MATERIAL PROVIDED section start

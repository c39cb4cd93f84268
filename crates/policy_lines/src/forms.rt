//! Lines that say nothing of an expression: their words after the first.
ghost use Rattle.std.specs.Prelude.{◌≡◌, ◌∷◌, [], List, ℕ, true, false, codes, option_map};
ghost use Rattle.policy_words.specs.Wording.{cond_at, head_at};
ghost use Rattle.policy_words.specs.CapKinds.{cap_kinds};
ghost use Rattle.policy_words.specs.Sayings.{SaidView, kind_word, strength_word, cap_word};
ghost use Rattle.policy_words.specs.Seen.{seen_said};
ghost use Rattle.policy_words.specs.Reading.{formed, one_name, most_at, during_in, limit_in, spelled_so, edge_in, cap_in, opening_by, linked_by, entry_in, version_in, version_by};
ghost use Rattle.policy_lines.specs.Answered.{ReadsAs};
ghost use Rattle.policy_lines.specs.Cursors.{limit_behind};

use crate::parts::{cond_of, next_cond, next_head, read_prio};
use crate::units::{next_name, read_name};
use crate::writing::{cap_text, kind_text, strength_text};
use gt_base::{Form, MAX_COUNT, MAX_POLICY_PRIO, Name, Prio};
use gt_text::{Words, read_between};
use policy_words::{CapKind, EdgeKind, Said, TextKind};

const EDGE_KINDS: [EdgeKind; 3] = [EdgeKind::I, EdgeKind::A, EdgeKind::Ia];

/// Whether an edge is strong.
const STRENGTHS: [bool; 2] = [true, false];

/// A saying, or that the words have no form.
pub(crate) fn formed(said: Option<Said>) -> Result<Said, TextKind>
    ensures { ReadsAs result (formed (option_map seen_said said)) }
{
    match said {
        Some(said) => Ok(said),
        None => Err(TextKind::Form),
    }
}

/// The version that the words are.
fn version_number(mut words: Words<'_>) -> Option<u32>
    ensures { result ≡ version_in words.entry }
{
    let word = words.next()?;
    if words.next().is_some() {
        return None;
    }
    if word == b"1".as_slice() {
        Some(1)
    } else if word == b"2".as_slice() {
        Some(2)
    } else {
        None
    }
}

/// What a line of a version says; `opens` is whether only silent lines stand before.
pub(crate) fn version(opens: bool, words: Words<'_>) -> Result<Said, TextKind>
    ensures { ReadsAs result (version_by opens (version_in words.entry)) }
{
    match version_number(words) {
        Some(n) if opens => Ok(Said::Version(n)),
        _ => Err(TextKind::Version),
    }
}

/// The one name of a line.
pub(crate) fn one_name(mut words: Words<'_>) -> Option<Name>
    ensures { (build : List ℕ → SaidView) → option_map build result ≡ one_name build words.entry }
{
    let name = next_name(&mut words)?;
    if words.next().is_some() {
        return None;
    }
    Some(name)
}

/// `max` and the most minutes.
fn next_most(words: &mut Words<'_>) -> Option<u32>
    ensures { option_map (λ m. (m, words.new)) result ≡ most_at words.old }
{
    let max = words.next()?;
    let most = words.next()?;
    if max != b"max".as_slice() {
        return None;
    }
    read_between(1, MAX_COUNT, most)
}

/// `during` and a period, or nothing.
fn read_during(mut words: Words<'_>) -> Option<Option<Name>>
    ensures { result ≡ during_in words.entry }
{
    let Some(during) = words.next() else {
        return Some(None);
    };
    let period = words.next()?;
    if words.next().is_some() || during != b"during".as_slice() {
        return None;
    }
    Some(Some(read_name(period)?))
}

/// What the words of a limit behind its name and its priority say.
fn limit_of(name: Name, prio: Prio, mut words: Words<'_>) -> Option<Said>
    ensures { option_map seen_said result ≡ limit_behind name prio words.entry }
{
    let cond = next_cond(&mut words)?;
    let most = next_most(&mut words)?;
    let period = read_during(words)?;
    Some(Said::Limit {
        name,
        prio,
        cond,
        most,
        period,
    })
}

/// What a line of a limit says.
pub(crate) fn limit(mut words: Words<'_>) -> Option<Said>
    ensures { option_map seen_said result ≡ limit_in words.entry }
{
    let name = words.next()?;
    let prio = words.next()?;
    let name = read_name(name)?;
    let prio = read_prio(MAX_POLICY_PRIO, prio)?;
    limit_of(name, prio, words)
}

/// The kind of edge that a word is.
fn edge_kind(word: &[u8]) -> Option<EdgeKind>
    ensures { result ≡ spelled_so kind_word (EdgeKind.I ∷ EdgeKind.A ∷ EdgeKind.Ia ∷ []) word.now }
{
    EDGE_KINDS
        .iter()
        .copied()
        .find(|kind| kind_text(*kind) == word)
}

/// Whether the word says that an edge is strong, or that it is weak.
fn strength(word: &[u8]) -> Option<bool>
    ensures { result ≡ spelled_so strength_word (true ∷ false ∷ []) word.now }
{
    STRENGTHS
        .iter()
        .copied()
        .find(|strong| strength_text(*strong) == word)
}

/// What the four words of an edge say.
fn edge_of(kind: &[u8], strong: &[u8], senior: &[u8], junior: &[u8]) -> Option<Said>
    ensures { option_map seen_said result
        ≡ edge_in (kind.now ∷ strong.now ∷ senior.now ∷ junior.now ∷ []) }
{
    let kind = edge_kind(kind)?;
    let strong = strength(strong)?;
    let senior = read_name(senior)?;
    let junior = read_name(junior)?;
    Some(Said::Edge {
        kind,
        strong,
        senior,
        junior,
    })
}

/// What a line of an edge says.
pub(crate) fn edge(mut words: Words<'_>) -> Option<Said>
    ensures { option_map seen_said result ≡ edge_in words.entry }
{
    let kind = words.next()?;
    let strong = words.next()?;
    let senior = words.next()?;
    let junior = words.next()?;
    match words.next() {
        Some(_) => None,
        None => edge_of(kind, strong, senior, junior),
    }
}

/// The kind of cap that a word is.
fn cap_kind(word: &[u8]) -> Option<CapKind>
    ensures { result ≡ spelled_so cap_word cap_kinds word.now }
{
    CapKind::all()
        .iter()
        .copied()
        .find(|kind| cap_text(*kind) == word)
}

/// What the three words of a cap say.
fn cap_of(kind: &[u8], role: &[u8], n: &[u8]) -> Option<Said>
    ensures { option_map seen_said result ≡ cap_in (kind.now ∷ role.now ∷ n.now ∷ []) }
{
    let kind = cap_kind(kind)?;
    let role = read_name(role)?;
    let n = read_between(1, MAX_COUNT, n)?;
    Some(Said::Cap { kind, role, n })
}

/// What a line of a cap says.
pub(crate) fn cap(mut words: Words<'_>) -> Option<Said>
    ensures { option_map seen_said result ≡ cap_in words.entry }
{
    let kind = words.next()?;
    let role = words.next()?;
    let n = words.next()?;
    match words.next() {
        Some(_) => None,
        None => cap_of(kind, role, n),
    }
}

/// What a line of opening status says.
pub(crate) fn opening(verb: &[u8], mut words: Words<'_>) -> Option<Said>
    ensures { option_map seen_said result ≡ opening_by (cond_at (verb.now ∷ words.entry)) }
{
    let cond = cond_of(verb, &mut words)?;
    if words.next().is_some() {
        return None;
    }
    Some(Said::Opening(cond.fluent))
}

/// What a line of an edge that is linked at first says, which version 2 alone has.
pub(crate) fn linked(edges: bool, words: Words<'_>) -> Result<Said, TextKind>
    ensures { ReadsAs result (linked_by edges (opening_by
        (cond_at (codes "linked" ∷ words.entry)))) }
{
    if edges {
        formed(opening(b"linked", words))
    } else {
        Err(TextKind::Word)
    }
}

/// What a line of a periodic entry says.
pub(crate) fn entry(form: Form, mut words: Words<'_>) -> Option<Said>
    ensures { option_map seen_said result ≡ entry_in form words.entry }
{
    let period = words.next()?;
    let period = read_name(period)?;
    let head = next_head(MAX_POLICY_PRIO, &mut words)?;
    if words.next().is_some() {
        return None;
    }
    Some(Said::Entry { form, period, head })
}
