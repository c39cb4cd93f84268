//! The items of a trigger.
ghost use Rattle.std.specs.Prelude.{◌≡◌, ◌<◌, length, [], ◌∷◌, ◌++◌, option_map, IfOk, OnOk, IfSome};
ghost use Rattle.policy_lines.specs.Cursors.{link_at, items_of};

use crate::parts::next_item;
use gt_base::{List, Memory};
use gt_text::Words;
use policy_words::{Item, NamedCond, NamedEvent, NamedFluent, NamedSignal};
use std::alloc::Global;

/// Whether the word between two items is `then`, which ends them, and not `and`.
fn ends_items(words: &mut Words<'_>) -> Option<bool>
    ensures { option_map (λ l. (l, words.new)) result ≡ link_at words.old }
{
    let word = words.next()?;
    if word == b"and".as_slice() {
        Some(false)
    } else if word == b"then".as_slice() {
        Some(true)
    } else {
        None
    }
}

/// Adds an item at the end; apart, since the kinds of items have to be named for its proof.
fn add(items: &mut List<Item>, item: Item) -> Result<(), Memory>
    ensures { OnOk result (items.new.items ≡ items.old.items ++ item ∷ []) }
{
    // names the types of an item's parts, which the proof of the call below has to know
    let _parts: Option<(NamedEvent, NamedCond, NamedSignal, NamedFluent)> = None;
    items.reserve(1)?;
    items.push(item);
    Ok(())
}

/// The items at the front, with `and` between them, up to `then`.
pub(crate) fn read_items(alloc: Global, words: &mut Words<'_>) -> Result<Option<List<Item>>, Memory>
    ensures { IfOk result (λ items. option_map (λ is. (is.items, words.new)) items
        ≡ items_of words.old) }
{
    let mut items = List::new(alloc);
    while let Some(item) = next_item(words) {
        add(&mut items, item)?;
        match ends_items(words) {
            None => return Ok(None),
            Some(true) => return Ok(Some(items)),
            Some(false) => {}
        }
    }
    Ok(None)
}
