//! What the words of duration limits have to do with those of the model.
ghost use Rattle.std.specs.Prelude.{ℕ};
ghost use Rattle.gtrbac_model.specs.Policy.{Policy};
ghost use Rattle.gtrbac_model.specs.Status.{Model};
ghost use Rattle.duration_limits.specs.Since.{ReadsRows};
ghost use Rattle.duration_limits.specs.Following.{RipeIsAged, SinceBySteps};

/// What the rows of ages say.
pub fn ages_read_rows()
    ensures { ReadsRows }
{}

/// A limit is ripe exactly where it has run for long enough and its period, if it has one, is
/// there.
pub fn ripe_is_aged()
    ensures { RipeIsAged }
{}

/// At the birth each fluent has the birth, and at a later instant those that change there have that
/// instant; so kept, ages are those of the model.
pub fn ages_follow_changes()
    ensures { (p : Policy) (birth : ℕ) (m : Model) → SinceBySteps p birth m }
{}
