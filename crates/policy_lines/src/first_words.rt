//! The first words of lines that say something.
ghost use Rattle.std.specs.Prelude.{◌≡◌, bytes_eq, find};
ghost use Rattle.policy_lines.specs.FirstWords.{verb_word, all_verbs};

/// The first word of a line.
#[derive(Clone, Copy)]
pub(crate) enum LineVerb {
    Policy,
    Role,
    User,
    Perm,
    Period,
    Limit,
    Edge,
    Cap,
    Admin,
    Enabled,
    Assigned,
    Granted,
    Armed,
    Linked,
    Each,
    Start,
    Span,
    When,
}

const LINE_VERBS: [LineVerb; 18] = [
    LineVerb::Policy,
    LineVerb::Role,
    LineVerb::User,
    LineVerb::Perm,
    LineVerb::Period,
    LineVerb::Limit,
    LineVerb::Edge,
    LineVerb::Cap,
    LineVerb::Admin,
    LineVerb::Enabled,
    LineVerb::Assigned,
    LineVerb::Granted,
    LineVerb::Armed,
    LineVerb::Linked,
    LineVerb::Each,
    LineVerb::Start,
    LineVerb::Span,
    LineVerb::When,
];

/// The word of a verb, by which `line_verb` finds the verb that a word is.
fn verb_text(verb: LineVerb) -> &'static [u8]
    ensures { result.now ≡ verb_word verb }
{
    match verb {
        LineVerb::Policy => b"policy",
        LineVerb::Role => b"role",
        LineVerb::User => b"user",
        LineVerb::Perm => b"perm",
        LineVerb::Period => b"period",
        LineVerb::Limit => b"limit",
        LineVerb::Edge => b"edge",
        LineVerb::Cap => b"cap",
        LineVerb::Admin => b"admin",
        LineVerb::Enabled => b"enabled",
        LineVerb::Assigned => b"assigned",
        LineVerb::Granted => b"granted",
        LineVerb::Armed => b"armed",
        LineVerb::Linked => b"linked",
        LineVerb::Each => b"each",
        LineVerb::Start => b"start",
        LineVerb::Span => b"span",
        LineVerb::When => b"when",
    }
}

/// The first word of a line that a word is.
pub(crate) fn line_verb(word: &[u8]) -> Option<LineVerb>
    ensures { result ≡ find (λ v. bytes_eq (verb_word v) word.now) all_verbs }
{
    LINE_VERBS
        .iter()
        .copied()
        .find(|verb| verb_text(*verb) == word)
}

MATERIAL PROVIDED section end

■ **PROBLEM REQUIREMENTS**:
Considering only the material above, set down every line from the one with "form, period, head" to the one with "use gt_text::Words;", inclusive, exactly as written.

■ **REPLY TO THE EXERCISE**:
    Some(Said::Entry { form, period, head })
}
repository c39cb4cd93f84268
//! The items of a trigger.
ghost use Rattle.std.specs.Prelude.{◌≡◌, ◌<◌, length, [], ◌∷◌, ◌++◌, option_map, IfOk, OnOk, IfSome};
ghost use Rattle.policy_lines.specs.Cursors.{link_at, items_of};

use crate::parts::next_item;
use gt_base::{List, Memory};
use gt_text::Words;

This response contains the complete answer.